After the outbreak of the Thirteen Years' War in 1454, the town sided with the Prussian Confederation, at whose request the Polish King Casimir IV Jagiellon announced the incorporation of the region into the Kingdom of Poland, which resulted in Lyck becoming part of the Polish state. The town was briefly captured by the Teutonic Knights in 1455, and later on, it was conquered alternately by the Poles and the Teutonic Knights. After 1466 it came under Polish suzerainty as a fief.

Early modern era
In 1537, Duke Albert of Prussia donated an estate to Jan Malecki, a Polish printer from Kraków who had either fled or moved to Ducal Prussia for material reasons, to establish a printing house. After converting to Lutheranism, Malecki translated and published Martin Luther's
Small Catechism in Polish In 1546 the first school for secondary education in Masuria was founded in the city, where Polish nobles from the Polish–Lithuanian Commonwealth, as well as Poles and Germans from Ducal Prussia were taught in Polish; the position of a Polish teacher remained in place until 1819. Polish pastor, translator, publisher and co-creator of the literary Polish language, Hieronim Malecki, was the school's first rector. In the mid-16th century Lyck was one of the most thriving centers of Polish-language printing. In 1639 the King of Poland Władysław IV Vasa visited the town. It remained under Polish suzerainty until 1660.

18th and 19th centuries
In 1709-10, the plague claimed 1,300 victims. In 1831, 300 people, about 10 percent of the populace, died of the cholera, in 1837 another 80 and 333 in 1852.

In 1825, Lyck was inhabited by 1,748 Germans and 1,394 Poles.  At the beginning of the 19th century, a Polish-language school was organised in the city by Tymoteusz Gizewiusz In 1820, Fryderyk Tymoteusz Krieger became the superintendent of the school and actively defended the rights of local Poles to use the Polish language. Kireger also prepared Polish educational programs, in opposition to attempts at Germanization by Prussian authorities.

In 1840, the German-language newspaper "Lycker gemeinnütziges Unterhaltungsblatt", later called "Lycker Zeitung", was founded. Between 1842 and 1845, a Masurian newspaper "Przyjaciel Ludu Łecki" (Łek's Friend of the People) was printed in the city, whose aim was to resist Germanisation and cultivate Polish folk traditions as well as educate the local rural population.

In May 1845, a Polish resistance movement in the city was organized by Kazmierz Szulc, whose aim was to prepare local Polish youth for an uprising.

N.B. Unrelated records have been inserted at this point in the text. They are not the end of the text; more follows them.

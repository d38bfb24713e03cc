//! Components that are named, refused and chosen, and their documents.

ghost use Rattle.std.specs.Prelude.{◌≡◌, length, IfOk, IsTrue};
ghost use Rattle.writer_meta.specs.Document.{IsAllowed};
ghost use Rattle.writer_meta.specs.Metadata.{meta_of};
ghost use Rattle.component_doc.specs.Over.{metas_of, all_have_few, is_named, AreAllowed, IsOver};

use crate::page::Page;
use crate::stopped::{Done, Stopped};
use component_doc::{Metas, Selection};
use std::alloc::Global;
use vss_names::Context;
use writer_meta::Metadata;

/// Of one writer.
#[tactic(auto, using(crate::proofs::Few::few_known))]
fn known(alloc: Global, metadata: &Metadata) -> Result<Metas, Stopped>
    requires { IsAllowed (meta_of metadata.now) }
    ensures allowed { IfOk result (λ metas. AreAllowed (metas_of metas)) }
    ensures few { IfOk result (λ metas. IsTrue (all_have_few (metas_of metas))) }
    ensures len { IfOk result (λ metas. length metas ≡ 1) }
{
    let mut items = Vec::new(alloc);
    items.push(Some(metadata))?;
    Ok(Metas::of(items))
}

/// Names a component, and shows whether it is refused.
fn add(alloc: Global, page: &mut Page, selection: &mut Selection, metas: &Metas, path: &str)
    requires few { IsTrue (all_have_few (metas_of metas.now)) }
    requires named { IsTrue (is_named selection.old.selected) }
    requires over { IsOver (metas_of metas.now) selection.old }
    ensures named { IsTrue (is_named selection.new.selected) }
    ensures writers { selection.new.writers ≡ selection.old.writers }
    ensures over { IsOver (metas_of metas.now) selection.new }
{
    match selection.add(alloc, metas, 0, path.as_bytes()) {
        Ok(()) => page.line(path, b"named"),
        Err(fault) => page.print(path, &fault),
    }
}

/// Shows which components are chosen, and which writers take part.
fn show_chosen(alloc: Global, page: &mut Page, selection: &Selection, metas: &Metas) -> Done
    requires few { IsTrue (all_have_few (metas_of metas.now)) }
    requires writers { length metas.now ≡ selection.now.writers }
{
    page.show("participants", &selection.participants(alloc)?);
    page.show("chosen", &selection.chosen(alloc, metas)?);
    Ok(())
}

/// Shows the document of a selection, and whether it is read back.
fn show_document(alloc: Global, page: &mut Page, selection: &Selection, metas: &Metas) -> Done
    requires allowed { AreAllowed (metas_of metas.now) }
    requires over { IsOver (metas_of metas.now) selection.now }
    requires len { length metas.now ≡ 1 }
{
    let document = selection.to_json(alloc, metas, Context::AppRollback)?;
    page.line("document", document.bytes());
    page.show(
        "read",
        &Selection::from_json(alloc, metas, document.bytes()).is_ok(),
    );
    page.show("over", &selection.is_over(alloc, metas)?);
    page.show("allowed", &metas.are_allowed(alloc)?);
    Ok(())
}

/// Shows why a text is no document over these metadata.
fn show_refused(alloc: Global, page: &mut Page, metas: &Metas, text: &[u8])
    requires allowed { AreAllowed (metas_of metas.now) }
    requires len { length metas.now ≡ 1 }
{
    match Selection::from_json(alloc, metas, text) {
        Ok((context, _)) => page.show("read", &context),
        Err(fault) => page.print("refused", &fault),
    }
}

/// Names components that are not there, that cannot be selected, that can, and that are named already.
fn add_all(alloc: Global, page: &mut Page, selection: &mut Selection, metas: &Metas)
    requires few { IsTrue (all_have_few (metas_of metas.now)) }
    requires named { IsTrue (is_named selection.old.selected) }
    requires over { IsOver (metas_of metas.now) selection.old }
    ensures named { IsTrue (is_named selection.new.selected) }
    ensures writers { selection.new.writers ≡ selection.old.writers }
    ensures over { IsOver (metas_of metas.now) selection.new }
{
    add(alloc, page, selection, metas, "none");
    add(alloc, page, selection, metas, "main\\log1");
    add(alloc, page, selection, metas, "main");
    add(alloc, page, selection, metas, "main");
}

/// A named component comes with those below it.
fn show_named(alloc: Global, page: &mut Page, metas: &Metas) -> Done
    requires allowed { AreAllowed (metas_of metas.now) }
    requires few { IsTrue (all_have_few (metas_of metas.now)) }
    requires len { length metas.now ≡ 1 }
{
    let mut named = Selection::new(alloc, 1)?;
    show_chosen(alloc, page, &named, metas)?;
    add_all(alloc, page, &mut named, metas);
    show_chosen(alloc, page, &named, metas)?;
    show_document(alloc, page, &named, metas)?;
    show_refused(alloc, page, metas, b"{}");
    show_refused(alloc, page, metas, b"{");
    Ok(())
}

/// A component of a writer whose metadata are not known is not found.
fn show_unknown(alloc: Global, page: &mut Page) -> Done {
    let mut items = Vec::new(alloc);
    items.push(None)?;
    let metas = Metas::of(items);
    let mut selection = Selection::new(alloc, 1)?;
    match selection.add(alloc, &metas, 0, b"main") {
        Ok(()) => page.line("unknown", b"named"),
        Err(fault) => page.print("unknown", &fault),
    }
    Ok(())
}

/// Shows selections of one writer's components.
pub fn show_selection(alloc: Global, page: &mut Page, text: &str) -> Done {
    let Ok(metadata) = Metadata::from_json(alloc, text.as_bytes()) else {
        return Err(Stopped);
    };
    let metas = known(alloc, &metadata)?;
    show_named(alloc, page, &metas)?;
    show_unknown(alloc, page)
}
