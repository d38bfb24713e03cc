ghost use Rattle.std.specs.Prelude.{◌≡◌, ◌≤◌, IfOk, length};
ghost use Rattle.cow_volume.specs.OneVolume.{blocks_of};

use crate::call::Call;
use crate::content::{Content, buffer};
use crate::making::{area, may_cut, volume};
use crate::page::Page;
use crate::plan::Plan;
use crate::stopped::{Done, Stopped};
use block_data::Payload;
use cow_volume::CowVolume;
use std::alloc::Global;
use volume_device::MemDevice;
use vss_names::{MOST_IMAGES, Numbers};
use vss_recover::{Claim, MOST_CLAIMS, RecoverVolume};

type Volume = RecoverVolume<MemDevice>;

/// A volume of so many blocks over so many slots, whose overlay has so many.
fn volume_of(alloc: Global, plan: &mut Plan, call: Call<'_>) -> Result<Volume, Stopped> {
    let blocks = call.number(0);
    let overlay = area(alloc, plan, "overlay", call.number(2), &[blocks])?;
    let volume = volume(alloc, plan, blocks, call.number(1))?;
    Ok(RecoverVolume::new(alloc, volume, overlay)?)
}

/// A volume is taken apart, by way of a group, and taken up again with its images.
fn taken_up(alloc: Global, volume: CowVolume<MemDevice>) -> Result<CowVolume<MemDevice>, Stopped>
    ensures { IfOk result (λ taken. blocks_of taken ≡ blocks_of volume) }
{
    let images = Numbers::copy(alloc, volume.images())?;
    let (device, area) = CowVolume::of(volume.into_group()).into_parts();
    match CowVolume::resume(alloc, device, area, images) {
        Ok(volume) => Ok(volume),
        Err(_) => Err(Stopped),
    }
}

/// The volume is taken apart, and taken up again with these final sets; the volume beneath it too.
fn again(alloc: Global, volume: Volume, finals: &[u32]) -> Result<Volume, Stopped>
    requires { length finals.now ≤ 512 }
{
    let (volume, overlay) = volume.into_parts();
    let volume = taken_up(alloc, volume)?;
    match RecoverVolume::resume(alloc, volume, overlay, finals) {
        Ok(volume) => Ok(volume),
        Err(_) => Err(Stopped),
    }
}

/// Reads a block.
fn read(page: &mut Page, volume: &mut Volume, block: u32) -> Done {
    let mut out = buffer(page.alloc())?;
    let read = volume.read_into(block, out.bytes_mut());
    page.tell(&read.map(|()| Content::of(out.bytes())));
    Ok(())
}

/// Reads a block of an image.
fn image(page: &mut Page, volume: &mut Volume, set: u32, block: u32) -> Done {
    let mut out = buffer(page.alloc())?;
    let read = volume.read_image_into(set, block, out.bytes_mut());
    page.tell(&read.map(|()| Content::of(out.bytes())));
    Ok(())
}

/// Cuts an image, if it may be cut.
fn cut(page: &mut Page, volume: &mut Volume, set: u32) {
    if volume.window().is_some() || !may_cut(volume.images(), set) {
        return page.say(b"unmet");
    }
    page.tell(&volume.cut(set));
}

/// A claim for each three numbers.
fn claims_of(alloc: Global, numbers: &[u32]) -> Result<Vec<Claim>, Stopped> {
    let mut claims = Vec::new(alloc);
    for triple in numbers.chunks_exact(3) {
        claims.push(Claim {
            writer: triple[0],
            first: triple[1],
            count: triple[2],
        })?;
    }
    Ok(claims)
}

/// Opens the window of the set whose number comes first, with a claim for each three numbers behind it.
fn open(page: &mut Page, volume: &mut Volume, numbers: &[u32]) -> Done {
    let [set, triples @ ..] = numbers else {
        return Err(Stopped);
    };
    let claims = claims_of(page.alloc(), triples)?;
    if claims.len() > MOST_CLAIMS {
        page.say(b"unmet");
        return Ok(());
    }
    page.tell(&volume.pre_final(*set, &claims));
    Ok(())
}

/// Makes a call of the window, or one that looks at the volume.
fn make_in_window(page: &mut Page, volume: &mut Volume, call: Call<'_>) -> Done {
    match call.word {
        "post_final" => page.tell(&volume.post_final()),
        "window" => page.tell(&volume.window()),
        "images" => page.tell(&volume.images()),
        "used" => page.tell(&volume.used()),
        "overlay_used" => page.tell(&volume.overlay_used()),
        "flush" => page.tell(&volume.flush()),
        "sync" => page.tell(&volume.sync()),
        "pre_final" => return open(page, volume, call.numbers),
        _ => return Err(Stopped),
    }
    Ok(())
}

/// What a call writes, whose number is at a place: `fill 7` or `stamp 7`.
fn payload_of(call: Call<'_>, place: usize) -> Payload {
    if call.rest.contains("stamp") {
        return Payload::Stamp(u64::from(call.number(place)));
    }
    Payload::Fill(call.byte(place))
}

/// A writer mends a block.
fn recover(page: &mut Page, volume: &mut Volume, call: Call<'_>) {
    let (set, writer, block) = (call.number(0), call.number(1), call.number(2));
    let payload = payload_of(call, 3);
    page.tell(&volume.recover_write(set, writer, block, &payload));
}

/// Makes a call of a volume whose newest image writers mend.
fn make(page: &mut Page, volume: &mut Volume, call: Call<'_>) -> Done {
    let (first, second) = (call.number(0), call.number(1));
    match call.word {
        "read" => return read(page, volume, first),
        "image" => return image(page, volume, first, second),
        "write" => page.tell(&volume.write(first, &payload_of(call, 1))),
        "recover" => recover(page, volume, call),
        "cut" => cut(page, volume, first),
        "drop" => page.tell(&volume.drop_image(first)),
        "revert" => page.tell(&volume.revert(first)),
        _ => return make_in_window(page, volume, call),
    }
    Ok(())
}

/// The subject `recover`: the volume that the lines are about.
#[derive(Drop)]
pub struct Recovering {
    pub volume: Option<Volume>,
}

impl Recovering {
    /// Makes the volume that a line asks for.
    fn begin(&mut self, alloc: Global, plan: &mut Plan, call: Call<'_>) -> Done {
        let volume = volume_of(alloc, plan, call)?;
        let _ = self.volume.insert(volume);
        plan.clear();
        Ok(())
    }

    /// Takes the volume apart, and up again with the final sets of a line.
    fn begin_again(&mut self, alloc: Global, finals: &[u32]) -> Done {
        if finals.len() > MOST_IMAGES {
            return Err(Stopped);
        }
        let volume = self.volume.take().ok_or(Stopped)?;
        let _ = self.volume.insert(again(alloc, volume, finals)?);
        Ok(())
    }

    /// Takes a line.
    pub fn take(&mut self, page: &mut Page, plan: &mut Plan, call: Call<'_>) -> Done {
        match call.word {
            "volume" => self.begin(page.alloc(), plan, call),
            "again" => self.begin_again(page.alloc(), call.numbers),
            _ => match &mut self.volume {
                Some(volume) => make(page, volume, call),
                None => Err(Stopped),
            },
        }
    }
}
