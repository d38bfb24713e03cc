use crate::call::Call;
use crate::calls;
use crate::groups::Groups;
use crate::mirrored::Mirrored;
use crate::page::Page;
use crate::plan::Plan;
use crate::recovering::Recovering;
use crate::sharded::Sharded;
use crate::stopped::{Done, Stopped};
use std::alloc::Global;
use std::sync::Wait;
use std::thread::Threads;

/// What the lines are about.
#[derive(Clone, Copy, PartialEq, Eq)]
pub enum Subject {
    /// Single calls of the lower crates.
    Calls,
    Cow,
    Mirror,
    Recover,
    Shards,
}

/// What the lines are about, what they made so far of each subject, and which calls fail of the devices that are made next.
#[derive(Drop)]
pub struct Trial {
    pub subject: Subject,
    plan: Plan,
    groups: Groups,
    mirrored: Mirrored,
    recovering: Recovering,
    sharded: Sharded,
}

impl Subject {
    /// The subject with this name.
    pub fn of(name: &str) -> Option<Subject> {
        match name {
            "calls" => Some(Subject::Calls),
            "cow" => Some(Subject::Cow),
            "mirror" => Some(Subject::Mirror),
            "recover" => Some(Subject::Recover),
            "shards" => Some(Subject::Shards),
            _ => None,
        }
    }
}

/// The numbers among words.
fn numbers_in(alloc: Global, words: &str) -> Result<Vec<u32>, Stopped> {
    let mut numbers = Vec::new(alloc);
    for word in words.split(' ') {
        if let Ok(number) = word.parse::<u32>() {
            numbers.push(number)?;
        }
    }
    Ok(numbers)
}

impl Trial {
    /// A trial of this, of which nothing is made.
    pub fn new(alloc: Global, subject: Subject) -> Trial {
        Trial {
            subject,
            plan: Plan::none(alloc),
            groups: Groups { group: None },
            mirrored: Mirrored { volume: None },
            recovering: Recovering { volume: None },
            sharded: Sharded::new(alloc),
        }
    }

    /// Makes the call of a line.
    fn make<R: Threads + Wait + Sync>(
        &mut self,
        handle: &R,
        page: &mut Page,
        call: Call<'_>,
    ) -> Done {
        let plan = &mut self.plan;
        match self.subject {
            Subject::Calls => calls::make(page, plan, call),
            Subject::Cow => self.groups.take(page, plan, call),
            Subject::Mirror => self.mirrored.take(page, plan, call),
            Subject::Recover => self.recovering.take(page, plan, call),
            Subject::Shards => self.sharded.take(handle, page, plan, call),
        }
    }

    /// Takes a line.
    pub fn take<R: Threads + Wait + Sync>(
        &mut self,
        handle: &R,
        page: &mut Page,
        line: &str,
    ) -> Done {
        let (word, rest) = line.split_once(' ').unwrap_or((line, ""));
        match word {
            "" | "#" => return Ok(()),
            "subject" => self.subject = Subject::of(rest).ok_or(Stopped)?,
            "fails" => self.plan.add(rest)?,
            _ => {
                let numbers = numbers_in(page.alloc(), rest)?;
                let numbers = numbers.as_slice();
                return self.make(
                    handle,
                    page,
                    Call {
                        word,
                        rest,
                        numbers,
                    },
                );
            }
        }
        Ok(())
    }
}
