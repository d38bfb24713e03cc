//! Calls on devices in memory, and a maker of them, which fail as planned.

ghost use Rattle.std.specs.Prelude.{◌≡◌, length, IfOk};

use crate::making::device;
use crate::page::Page;
use crate::plan::{Plan, unfailing};
use crate::stopped::{Done, Stopped};
use block_data::{BLOCK, BlockBuf};
use std::alloc::Global;
use volume_device::{Device, Maker, MemDevice, MemMaker, Store};
use vss_names::{Numbers, Text};

/// A block that begins with this byte.
fn marked(alloc: Global, byte: u8) -> Result<BlockBuf, Stopped>
    ensures { IfOk result (λ block. length block ≡ BLOCK) }
{
    let mut block = BlockBuf::zeroed(alloc)?;
    block.bytes_mut()[0] = byte;
    Ok(block)
}

/// Makes the call that a word names, of those that have a number or nothing to show; `mark` and `first` are of the buffer.
fn show_number(page: &mut Page, device: &MemDevice, block: &mut BlockBuf, word: &str) {
    match word {
        "blocks" => page.show(word, &device.blocks()),
        "first" => page.show(word, &block.bytes()[0]),
        "mark" => block.bytes_mut()[0] = 2,
        _ => page.show("faults", &device.faults()),
    }
}

/// Makes the call that a word names, on block 1: a block is read into the buffer and written from it.
fn show_call(page: &mut Page, device: &mut MemDevice, block: &mut BlockBuf, word: &str) {
    if device.blocks() < 2 {
        return;
    }
    let is_so = match word {
        "read" => device.read_into(1, block.bytes_mut()).is_ok(),
        "shared" => device.read_shared(1, block.bytes_mut()),
        "write" => device.write(1, block.bytes()).is_ok(),
        "flush" => device.flush().is_ok(),
        "lends" => device.lends(),
        "lend" => device.lend(1).is_some(),
        _ => return show_number(page, device, block, word),
    };
    page.show(word, &is_so);
}

/// Makes the calls of a line on the device `device` of two blocks.
pub fn show_device(page: &mut Page, plan: &mut Plan, words: &str) -> Done {
    let mut block = marked(page.alloc(), 1)?;
    let mut device = device(page.alloc(), plan, "device", 2)?;
    plan.clear();
    for word in words.split(' ') {
        show_call(page, &mut device, &mut block, word);
    }
    Ok(())
}

/// Makes a device of this name and of three blocks, writes its block 1, and gives it back.
fn show_made(page: &mut Page, maker: &mut MemMaker, block: &mut BlockBuf, name: &str) -> Done {
    let name = Text::copy(page.alloc(), name.as_bytes())?;
    match maker.make(page.alloc(), &Store::Memory, &name, 3) {
        Ok(mut device) => {
            show_call(page, &mut device, block, "blocks");
            show_call(page, &mut device, block, "write");
            maker.take_back(device);
        }
        Err(fault) => page.show("refused", &fault),
    }
    page.show("faults", &maker.faults());
    Ok(())
}

/// A maker that refuses the first `D.vol`, and whose first `C.vol` fails its first write: a row of the plan serves one device.
pub fn show_maker(page: &mut Page) -> Done {
    let alloc = page.alloc();
    let mut refused = unfailing(alloc, "D.vol")?;
    refused.refused = true;
    let mut failing = unfailing(alloc, "C.vol")?;
    failing.writes = Numbers::copy(alloc, &[1])?;
    let mut plan = Vec::new(alloc);
    plan.push(refused)?;
    plan.push(failing)?;
    let mut block = marked(alloc, 1)?;
    let mut maker = MemMaker::new(alloc, plan);
    for name in ["D.vol", "C.vol", "C.vol", "D.vol"] {
        show_made(page, &mut maker, &mut block, name)?;
    }
    page.show("returned", &maker.returned().len());
    Ok(())
}
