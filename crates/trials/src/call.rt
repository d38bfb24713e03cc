/// A call as a line names it.
#[derive(Clone, Copy)]
pub struct Call<'a> {
    /// Its first word.
    pub word: &'a str,
    /// What stands behind it.
    pub rest: &'a str,
    /// Those of its words that are numbers.
    pub numbers: &'a [u32],
}

impl Call<'_> {
    /// Its number at a place, or 0 where it has not so many.
    pub fn number(self, place: usize) -> u32 {
        self.numbers.get(place).copied().unwrap_or(0)
    }

    /// The lowest byte of that number.
    pub fn byte(self, place: usize) -> u8 {
        (self.number(place) % 256) as u8
    }
}
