//! Writers and one who makes cuts, in threads.

use crate::stopped::Stopped;
use std::alloc::Global;
use std::sync::{Mutex, Wait};
use std::thread;
use std::thread::Threads;
use volume_device::MemDevice;
use vss_shards::{Draft, Shards, Small, collect, give_back};

/// How often a writer tries at most.
const MOST_TRIES: u32 = 1_000_000;

/// How many blocks of a volume a writer writes, in turn.
const BLOCKS: u64 = 4;

/// Tries to put n into block n modulo 4 of a shard; how many entries the journal then has, or none where the write was refused.
fn write_next<R: Wait>(rt: &R, shards: &Shards<MemDevice>, v: u32, n: u64) -> Option<u32> {
    if v >= shards.volumes() {
        return None;
    }
    let block = (n % BLOCKS) as u32;
    shards.write(rt, v, block, Small::Stamp(n)).ok()
}

/// Makes all writes of a shard: the nth puts n into block n modulo 4, and is tried again where the shard is held. Notes how many entries the
/// journal had after each.
fn write_all<R: Wait>(
    rt: &R,
    shards: &Shards<MemDevice>,
    v: u32,
    writes: u32,
    numbers: &Mutex<Vec<u32>>,
) {
    let mut own = numbers.lock(rt);
    for _ in 0..MOST_TRIES {
        let made = own.len();
        if made >= writes as usize {
            return;
        }
        match write_next(rt, shards, v, made as u64 + 1) {
            Some(number) => {
                let _ = own.push(number);
            }
            None => thread::yield_now(),
        }
    }
}

/// Holds each shard for a cut.
fn hold_all<R: Wait>(rt: &R, shards: &Shards<MemDevice>, draft: &mut Draft) {
    for v in 0..shards.volumes() {
        let mut shard = shards.lock(rt, v);
        if draft.recorded().is_none() {
            let _ = collect(&mut shard, draft);
        }
    }
}

/// Lets each shard go.
fn let_all_go<R: Wait>(rt: &R, shards: &Shards<MemDevice>, draft: &mut Draft) {
    for v in 0..shards.volumes() {
        let mut shard = shards.lock(rt, v);
        if draft.has(&shard) {
            give_back(&mut shard, draft);
        }
    }
}

/// Makes so many cuts of all shards.
fn make_cuts<R: Wait>(rt: &R, alloc: Global, shards: &Shards<MemDevice>, cuts: u32) {
    for _ in 0..cuts {
        let mut draft = Draft::new(alloc);
        hold_all(rt, shards, &mut draft);
        if draft.recorded().is_none() {
            let _ = shards.journal().lock(rt).record_cut(&mut draft);
        }
        let_all_go(rt, shards, &mut draft);
        thread::yield_now();
    }
}

/// A writer of each shard in a thread, and the cuts beside them; where there is no thread for a writer, it writes here.
fn run_all<R: Threads + Wait + Sync>(
    rt: &R,
    alloc: Global,
    shards: &Shards<MemDevice>,
    writes: u32,
    cuts: u32,
    numbers: &[Mutex<Vec<u32>>],
) {
    thread::scope(thread::scope_env(), rt, |scope| {
        let mut v = 0u32;
        for own in numbers {
            if scope
                .spawn(move || write_all(rt, shards, v, writes, own))
                .is_err()
            {
                write_all(rt, shards, v, writes, own);
            }
            v = v.saturating_add(1);
        }
        make_cuts(rt, alloc, shards, cuts);
    });
}

/// A writer of each shard, and one who makes cuts of all, in threads. Tells the numbers of each writer's entries in the journal.
pub fn write_in_threads<R: Threads + Wait + Sync>(
    rt: &R,
    alloc: Global,
    shards: &Shards<MemDevice>,
    writes: u32,
    cuts: u32,
) -> Result<Vec<Vec<u32>>, Stopped> {
    let mut logs = Vec::new(alloc);
    for _ in 0..shards.volumes() {
        let own: Vec<u32> = Vec::new(alloc);
        logs.push(Mutex::new(own))?;
    }
    run_all(rt, alloc, shards, writes, cuts, logs.as_slice());
    let mut numbers = Vec::new(alloc);
    for log in logs {
        numbers.push(log.into_inner())?;
    }
    Ok(numbers)
}
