use crate::in_threads::TrialError;
use std::alloc::{AllocError, AllocFailed};
use std::io;
use std::num::ParseIntError;
use vss_names::{Failed, OutOfMemory};

/// A line names no call, a call may not be made as the line has it, or one failed that the further ones rest on.
#[derive(Clone, Copy, Debug, PartialEq, Eq)]
pub struct Stopped;

/// What is left of a call once its answer is shown.
pub type Done = Result<(), Stopped>;

impl From<OutOfMemory> for Stopped {
    fn from(_: OutOfMemory) -> Stopped {
        Stopped
    }
}

impl From<AllocError> for Stopped {
    fn from(_: AllocError) -> Stopped {
        Stopped
    }
}

impl<T: Drop> From<AllocFailed<T>> for Stopped {
    fn from(_: AllocFailed<T>) -> Stopped {
        Stopped
    }
}

impl From<io::Error> for Stopped {
    fn from(_: io::Error) -> Stopped {
        Stopped
    }
}

impl From<Failed> for Stopped {
    fn from(_: Failed) -> Stopped {
        Stopped
    }
}

impl From<ParseIntError> for Stopped {
    fn from(_: ParseIntError) -> Stopped {
        Stopped
    }
}

impl From<TrialError> for Stopped {
    fn from(_: TrialError) -> Stopped {
        Stopped
    }
}
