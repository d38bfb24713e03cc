//! The tables against the SDK's own headers, and what printing writes.

use crate::page::Page;
use crate::stopped::{Done, Stopped};
use vss_names::{Level, Order, OutOfMemory, VssResult, WriterError, WriterState};

/// A name and the number behind it.
fn numbered(words: &str) -> Option<(&str, u32)> {
    let (name, number) = words.split_once(' ')?;
    Some((name, number.parse::<u32>().ok()?))
}

/// A state by its name in the SDK, and by its number.
pub fn show_state(page: &mut Page, words: &str) -> Done {
    let Some((name, number)) = numbered(words) else {
        return Err(Stopped);
    };
    page.show(name, &WriterState::of_name(name.as_bytes()));
    let state = WriterState::of_number(number);
    page.show("state", &state);
    if let Some(state) = state {
        page.show("number", &state.number());
        page.print("name", &state);
    }
    Ok(())
}

/// A writer's error by its name in the SDK, and by its code.
pub fn show_error(page: &mut Page, words: &str) -> Done {
    let Some((name, code)) = numbered(words) else {
        return Err(Stopped);
    };
    page.show(name, &WriterError::of_name(name.as_bytes()));
    page.show("result", &VssResult::of_name(name.as_bytes()));
    let error = WriterError::of_number(code);
    page.show("error", &error);
    if let Some(error) = error {
        page.show("number", &error.number());
        page.print("result", &VssResult::from(error));
    }
    Ok(())
}

/// Levels by their names, and what an order and the answer of a call without memory are printed as.
pub fn show_printed(page: &mut Page) {
    page.show("level", &Level::of_name(b"VSS_APP_FRONT_END"));
    page.show("level", &Level::of_name(b"x"));
    page.print("order", &Order::PostSnapshot);
    page.print("memory", &OutOfMemory);
}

In 1885 Lyck was named capital of Masuria by the Geographical Dictionary of the Kingdom of Poland. In the late 19th century it was the largest town of the region (according to data from 1880 and 1890), before being surpassed by Osterode (Ostróda) (according to data from 1905 and 1925).

From 1896 to 1902, "Gazeta Ludowa", a Polish-language newspaper, heavily subsidised by banks from Greater Poland representing the Polish national movement in Masuria, was published in the city. It soon faced repression and discrimination from the German authorities which led to its demise; its paid circulation dropped from 357 copies in 1896 to less than 250 at the turn-of-the-century. According to German-American author, Richard Blanke, the "demise marked the end of the second major effort by Polish nationalists to establish a journalistic foothold in Masuria".

In 1896, Polish and Masurian activists founded the Masurian People's Party in the city, which sought to resist efforts of German authorities at forced Germanization. The co-founder of the party was poet Michał Kajka, today honoured in Ełk with a monument in the centre of the city. From the start, the party was subject to severe repressions and attacks by Prussian authorities. In the German federal elections, the MPL received 229 votes in 1898 and 20 in 1912 in the Lyck constituency.

20th century

In 1910, Lyck had more than 13,000 inhabitants. Mateusz Siuchniński gives the percentage of Poles in 1900 as 35.7% but warns that the numbers come from lowered German estimates. Many citizens fled during World War I, when Imperial Russian troops attacked the region, but returned after the battles of Tannenberg and the Masurian Lakes. English and Italian troops were deployed in the town after the Treaty of Versailles to supervise the East Prussian plebiscite, which resulted in 8,339 votes for Germany and 8 for Poland.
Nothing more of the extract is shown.